Here are some things to keep in mind when creating Dataset Storage:
-
Admins cannot create a Dataset Storage on the local data plane because there can only be one, which is associated with the Domino shared store.
-
Dataset Storages can only be edited if no Datasets are currently using them, to avoid disrupting ongoing dataset work.
-
Admins can edit the name, underlying volume, and the is default field.
Prerequisite: If your Kubernetes cluster is not configured to automatically create a Persistent Volume (VC) when a Persistent Volume Claim (PVC) is used, you must set up a Kubernetes PV and PVC in the cluster first.

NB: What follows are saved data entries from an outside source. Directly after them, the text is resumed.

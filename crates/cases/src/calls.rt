// The cases that lend a buffer, a runner, a bench or slots. Each takes the case's words and writes the answer.
ghost use Rattle.std.specs.Prelude.{◌≡◌, ◌≤◌, length};
ghost use Rattle.cases.specs.Calls.{chip_at, part, kept_text, gpout_text, list_text, manual_text, plan_at, sheet_text, start_text};
ghost use Rattle.cases.specs.Calls.{run_text, bench_start_text, bench_run_text, changed_row, change_text};
ghost use Rattle.cases.specs.{Say.Says, Words.sheet_at};

use crate::say::{write, write_one, write_planned, write_written};
use crate::words::Words;
use base::Writer;
use chip::Chip;
use export::bench::{dizbaral_bench_run, dizbaral_bench_start};
use numbers::answers::MALFORMED;
use numbers::fields::{ROOM, byte_at, half_at, number_at, pll_at, room_at, ten_at};
use numbers::manual::manual;
use step::MAX_BYTES;

// The chip that the case's first number names.
pub(crate) fn chip_at(n: &[u32; 128]) -> Chip
    ensures { result ≡ chip_at n.now }
{
    if n[0] == 1 {
        Chip::Rp235x
    } else {
        Chip::Rp2040
    }
}

// N numbers of the row from index `from` on.
fn part<const N: usize>(n: &[u32; 128], from: usize) -> [u32; N]
    requires { from ≤ 128 }
    ensures { result ≡ part N from n.now }
{
    let mut numbers = [0; N];
    let _end = base::put_all(&mut numbers, 0, &n[from..]);
    numbers
}

// The case `gpout`: CHIP SOURCE WHOLE FRACTION F0 to F9.
pub(crate) fn write_gpout(out: &mut Writer<'_, u8>, n: &[u32; 128])
    ensures { Says out.old (gpout_text n.now) out.new }
{
    let (chip, source) = (byte_at(n, 0), byte_at(n, 1));
    let freqs = ten_at(n, 4);
    let r = export::dizbaral_gpout_frequency(chip, source, n[2], half_at(n, 3), &freqs);
    write_one(out, r);
}

// The case `list`: INPUT TARGET ROOM.
#[tactic(auto, using(crate::proofs::Lent::take_same), unfolding(crate::specs::Calls::list_text))]
pub(crate) fn write_list(out: &mut Writer<'_, u8>, n: &[u32; 128])
    ensures { Says out.old (list_text n.now) out.new }
{
    let mut lent = [238u8; ROOM as usize];
    let buf = &mut lent[..room_at(n, 2)];
    let r = export::dizbaral_list(n[0], n[1], buf);
    write_written(out, r, buf);
}

// The case `manual`: CRYSTAL, four dividers, CODE; a code that is no voltage's is malformed.
pub(crate) fn write_manual(out: &mut Writer<'_, u8>, n: &[u32; 128])
    ensures { Says out.old (manual_text n.now) out.new }
{
    match manual(n[0], pll_at(n, 1), byte_at(n, 5)) {
        Some(plan) => write_planned(out, plan),
        None => write_one(out, MALFORMED),
    }
}

// The plan's numbers, which follow READING, ROOM and CHIP.
fn plan_at(words: &Words) -> &[u32]
    ensures { result.now ≡ plan_at words.now.row words.now.count }
{
    words.numbers_past(3).unwrap_or(&[])
}

// The case `sheet`: READING ROOM CHIP PLAN.
pub(crate) fn write_sheet(out: &mut Writer<'_, u8>, words: &Words)
    ensures { Says out.old (sheet_text words.now.row words.now.count) out.new }
{
    let n = &words.row;
    let mut lent = [238u8; ROOM as usize];
    let buf = &mut lent[..room_at(n, 1)];
    let r = export::dizbaral_plan_sheet(byte_at(n, 2), plan_at(words), byte_at(n, 0), buf);
    write_written(out, r, buf);
}

// Writes what a start leaves: the numbers, of which number i is the count of the kept bytes, and these bytes.
fn write_kept(out: &mut Writer<'_, u8>, r: u64, numbers: &[u32], i: usize, held: &[u8; MAX_BYTES])
    requires { length numbers.now ≤ 128 }
    ensures { Says out.old (kept_text i r numbers.now held.now) out.new }
{
    let kept = base::first(held, number_at(numbers, i) as usize);
    write(out, r, numbers, kept);
}

// The case `start`: SHEET KEPT RUNNER.
#[tactic(auto, unfolding(crate::specs::Calls::start_text))]
pub(crate) fn write_start(out: &mut Writer<'_, u8>, words: &Words)
    ensures { Says out.old (start_text words.now.row words.now.kept (sheet_at words.now 0)) out.new }
{
    let mut runner = part(&words.row, 2);
    let mut held = words.kept;
    let r = export::dizbaral_start(&mut runner, &mut held, words.sheet_at(0));
    write_kept(out, r, &runner, 4, &held);
}

// The case `run`: SHEET KEPT READY RUNNER.
#[tactic(auto, unfolding(crate::specs::Calls::run_text))]
pub(crate) fn write_run(out: &mut Writer<'_, u8>, words: &Words)
    ensures { Says out.old (run_text words.now.row words.now.kept (sheet_at words.now 0)) out.new }
{
    let ready = words.row[2] == 1;
    let mut runner = part(&words.row, 3);
    let r = export::dizbaral_run(&mut runner, &words.kept, words.sheet_at(0), ready);
    write(out, r, &runner, b"");
}

// The case `bench_start`: SHEET KEPT BOARD BENCH; a start ignores BOARD. With `start` it shares five lines, of which each has its own row,
// place of the count and call; so have `bench_run` and `run`.
pub(crate) fn write_bench_start(out: &mut Writer<'_, u8>, words: &Words)
    ensures { Says out.old (bench_start_text words.now.row words.now.kept (sheet_at words.now 0)) out.new }
{
    let mut bench = part(&words.row, 3);
    let mut held = words.kept;
    let r = dizbaral_bench_start(&mut bench, &mut held, words.sheet_at(0));
    write_kept(out, r, &bench, 112, &held);
}

// The case `bench_run`: SHEET KEPT BOARD READY BENCH.
#[tactic(auto, unfolding(crate::specs::Calls::bench_run_text))]
pub(crate) fn write_bench_run(out: &mut Writer<'_, u8>, words: &Words)
    ensures { Says out.old (bench_run_text words.now.row words.now.kept (sheet_at words.now 0)) out.new }
{
    let (board, ready) = (byte_at(&words.row, 2), words.row[3] == 1);
    let mut bench = part(&words.row, 4);
    let r = dizbaral_bench_run(&mut bench, &words.kept, board, words.sheet_at(0), ready);
    write(out, r, &bench, b"");
}

// The row of words, slots and steps that a sleep or a wake leaves.
fn changed_row(words: &[u32; 11], slots: &[u32; 48], steps: &[u32; 28]) -> [u32; 87]
    ensures { result ≡ changed_row words.now slots.now steps.now }
{
    let mut row = [0u32; 87];
    let mut out = Writer::new(&mut row);
    out.put_all(words);
    out.put_all(slots);
    out.put_all(steps);
    row
}

// The cases `sleep` and `wake`: SLOT, eleven words, four slots. A flag says which, as in `change`.
pub(crate) fn write_change(out: &mut Writer<'_, u8>, wakes: bool, n: &[u32; 128])
    ensures { Says out.old (change_text wakes n.now) out.new }
{
    let mut words = part(n, 1);
    let mut slots = part(n, 12);
    let mut steps = [0u32; 28];
    let slot = byte_at(n, 0);
    let r = numbers::sleep_call::change(wakes, &mut slots, slot, &mut words, &mut steps);
    write(out, r, &changed_row(&words, &slots, &steps), b"");
}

You’ll need to add a few things to the PVS specification:
-
Add the label dominodatalab.com/dataset-storage: <driver>
labels: “dominodatalab.com/dataset-storage:EFS"
-
Add the namespace used in your data plane (usually compute):
namespace: YOUR-DOMINO-COMPUTE-NAMESPACE
-
Next, click the Add Dataset Storage button and enter this information:
-
Name: specify a name for the Dataset Storage.
-
Data Plane: select the data plane you want to use.
-
Volume: choose the PVC name from the dropdown.
-
The volume may not be discoverable immediately. If you don’t see the volume you want to use, close the modal and reopen it after a few minutes.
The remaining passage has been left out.